De la bâtisse, dont ils devinaient l’existence par les points de lumière piquetant sa haute façade, provenait un vacarme sauvage où se mélangeaient des éclats de voix et de la musique sans doute crachée par une batterie de haut-parleurs. Leur irruption, dans ce qui avait dû être la salle de pointage d’une usine désaffectée, ne troublait en rien les occupants qui se livraient, par grappes, à une forme de confrontation verbale et gestuelle débridée sur fond de chants révolutionnaires. De l’un des groupes, une grande sauterelle, lovée dans un sari immaculé, se détachait pour s’approcher d’eux à petits pas chassés. Ignorant Chloé elle tourbillonnait autour de Benoît en passant ses longs doigts dans ses cheveux tout en ondulant des hanches lascivement. Grossièrement Benoît rompait le charme en la questionnant avec une brutalité qu’il regretta sitôt « Où est Sacha ? ». Très « Peace and Love » elle l’enveloppait de ses bras interminables en se plaquant sur lui « Essaie le Centre de la Paix, camarade... » lui susurrait-elle à l’oreille avant de repartir, tel une elfe, vers l’un des essaims peuplé que de filles qui mélangeaient leurs corps en une houle furieuse. Même Chloé, qui en avait vu d’autres, contemplait le spectacle avec étonnement.

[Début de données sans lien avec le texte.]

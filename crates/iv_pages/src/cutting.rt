//! `cut_at`, `before`: bytes, cut at a byte.
ghost use Rattle.std.specs.Prelude.{◌≡◌, option_map};
ghost use Rattle.iv_pages.specs.Cut.{before, cut_at};

/// What comes before the first such byte, and after it.
pub fn cut_at(bytes: &[u8], byte: u8) -> Option<(&[u8], &[u8])>
    ensures { option_map (λ p. (p.0.now, p.1.now)) result ≡ cut_at byte bytes.now }
{
    for at in 0..bytes.len() {
        if bytes[at] == byte {
            return Some((&bytes[..at], &bytes[at + 1..]));
        }
    }
    None
}

/// What comes before the first such byte: all, if there is none.
pub fn before(bytes: &[u8], byte: u8) -> &[u8]
    ensures { result.now ≡ before byte bytes.now }
{
    match cut_at(bytes, byte) {
        None => bytes,
        Some((front, _)) => front,
    }
}
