//! A history of 40,000 calls that is handed on again and again while two drivers call, judged event by event.

ghost use Rattle.std.specs.Prelude.{◌<◌};
ghost use Rattle.manager.specs.Kept.{IsNamedBy};

use checker::Checker;
use dmatypes::{Call, Event, Mode, Reply, Width};
use manager::*;
use std::alloc::{AllocError, Global};
use std::marker::Brand;
use std::process::Abort;
use std::sync::Wait;
use std::sync::atomic::{AtomicU64, Ordering};
use std::test::Fail;
use std::thread::{Threads, join, yield_now};

const TABLE_FRAMES: u64 = 64;

// The calls that each driver makes, the first of which makes its domain.
const CALLS: u64 = 20_000;

// The events that are kept at one time.
const ROOM: u64 = 1_000;

// Turns that a thread waits at most.
const TURNS: u64 = 100_000_000;

// The host frame of the page that a driver maps.
const FRAME: u64 = 0x1000;

// A driver's thread: maps a page and unmaps it, again and again, in a domain of its own. The share, when all calls are made.
fn drive<B: Owner, R: Wait>(
    rt: &R,
    manager: &Manager<B>,
    rows: &Rows<B>,
    at_work: &AtomicU64,
    mut mine: Share<B>,
) -> Share<B> {
    let mut reply = Reply::Done;
    let mut domain = 0;
    for _ in 0..TURNS {
        if mine.calls() >= CALLS {
            break;
        }
        match manager.call(rt, rows, &mut mine, next_call(domain, reply)) {
            Ok((_, made)) => reply = made,
            // Until the history is handed on.
            Err(HistoryFull { .. }) => yield_now(),
        }
        if let Reply::Made(number) = reply {
            domain = number;
        }
    }
    at_work.fetch_sub(1, Ordering::SeqCst);
    mine
}

// The call after one that was answered so.
fn next_call(domain: u64, reply: Reply) -> Call {
    match reply {
        Reply::Mapped(address) => Call::Unmap {
            domain,
            address,
            pages: 1,
        },
        _ if domain == 0 => Call::Domain {
            mode: Mode::Strict,
            width: Width::W39,
        },
        _ => Call::Map {
            domain,
            frame: FRAME,
            pages: 1,
            order: 0,
            rights: 3,
        },
    }
}

// What was handed on so far: how many events, and what judges them.
#[derive(Drop)]
struct Judged {
    checker: Checker,
    events: u64,
    are_legal: bool,
}

impl Judged {
    // Judges the next events, of which so many stood before.
    fn judge(&mut self, first: u64, events: &[Event]) -> Result<(), AllocError> {
        self.are_legal &= first == self.events;
        for event in events {
            self.are_legal &= self.checker.judge(&event.call, event.reply)?;
        }
        self.events = self.events.saturating_add(events.len() as u64);
        Ok(())
    }
}

// The third thread: hands the history on whenever its port has seen that the room is full, as long as drivers are at work, and has each
// event judged.
fn hand_on<B: Owner, R: Wait>(
    rt: &R,
    manager: &Manager<B>,
    rows: &Rows<B>,
    at_work: &AtomicU64,
    mut port: Port<B>,
    mut mine: Share<B>,
    mut epoch: Epoch<B>,
    mut judged: Judged,
) -> Result<(Share<B>, Epoch<B>, Judged), AllocError>
    requires { B.room < B.most }
{
    for _ in 0..TURNS {
        if at_work.load(Ordering::SeqCst) == 0 {
            break;
        }
        if port.count(rows) >= judged.events.saturating_add(ROOM) {
            manager.hand_on(rt, rows, &mut mine, &mut epoch);
            judged.judge(epoch.first(), epoch.events())?;
        }
        yield_now();
    }
    Ok((mine, epoch, judged))
}

#[test]
fn epochs_are_one_legal_history(rt: HostRuntime) -> Result<(), Fail> {
    let config = Config::new(TABLE_FRAMES, ROOM, 3).ok_or("within the limits")?;
    let seed = Seed::new(rt.alloc(), config.handing_on())?;
    handed_on::<Brand, _>(&rt, rt.alloc(), seed)
}

fn handed_on<B: Owner + Send + Sync, R: Threads + Wait + Abort + Sync>(
    rt: &R,
    alloc: Global,
    seed: Seed,
) -> Result<(), Fail>
    requires named { IsNamedBy seed B.name B.parts B.shares B.room B.frames B.mode B.rows B.most B.handing }
    requires hands_on { seed.room < seed.most }
{
    let Made {
        manager,
        rows,
        mut ports,
        mut shares,
        epoch,
    } = Manager::<B>::new(alloc, seed)?;
    let one = shares.pop().ok_or("a share")?;
    let two = shares.pop().ok_or("a share")?;
    let three = shares.pop().ok_or("a share")?;
    let port = ports.pop().ok_or("a port")?;
    let judged = Judged {
        checker: Checker::new(alloc, TABLE_FRAMES),
        events: 0,
        are_legal: true,
    };
    let at_work = AtomicU64::new(2);
    let (shared, rows_seen, working) = (&manager, &rows, &at_work);
    let (drivers, handed) = join(
        rt,
        || {
            join(
                rt,
                || drive(rt, shared, rows_seen, working, one),
                || drive(rt, shared, rows_seen, working, two),
            )
        },
        || hand_on(rt, shared, rows_seen, working, port, three, epoch, judged),
    );
    let (three, mut epoch, mut judged) = handed?;
    for share in [drivers.0, drivers.1, three] {
        shares.push(share)?;
    }
    let Ok(mut history) = manager.finish(&rows, shares) else {
        return Err(Fail::from("all shares came"));
    };
    // The last part begins where the epoch's events end.
    history.audit(&mut epoch);
    assert_eq!(rt; history.first(), epoch.upto());
    judged.judge(history.first(), history.events())?;
    assert!(rt; judged.are_legal);
    assert_eq!(rt; judged.events, 2 * CALLS);
    Ok(())
}
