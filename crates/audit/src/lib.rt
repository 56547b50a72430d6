//! Tests alone, by public calls of `manager`: the answers of ports beside threads that map and unmap, compared with the history that
//! is handed out. Also a history that is handed on beside two drivers (own). They stand apart from the other tests of managers, so
//! that both crates are proved at once. `rt try --test` runs them unproved.
#![tactic(auto)]

#[cfg(test)]
mod epochs;
#[cfg(test)]
mod hits;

- C’est où le Centre de la paix...
Le grand type roux, vêtu d’une vareuse vert de gris et coiffé d’un béret à la Che Guevara, à qui Benoît venait de poser la question, le regardait comme s’il découvrait une fiente de pigeon sur ses rangers impeccables. Dans un français tout aussi impeccable il lui balançait.
- Au dernier ducon !
- Tu devrais tirer la chasse plus souvent trouduc t’as une haleine de chiottes...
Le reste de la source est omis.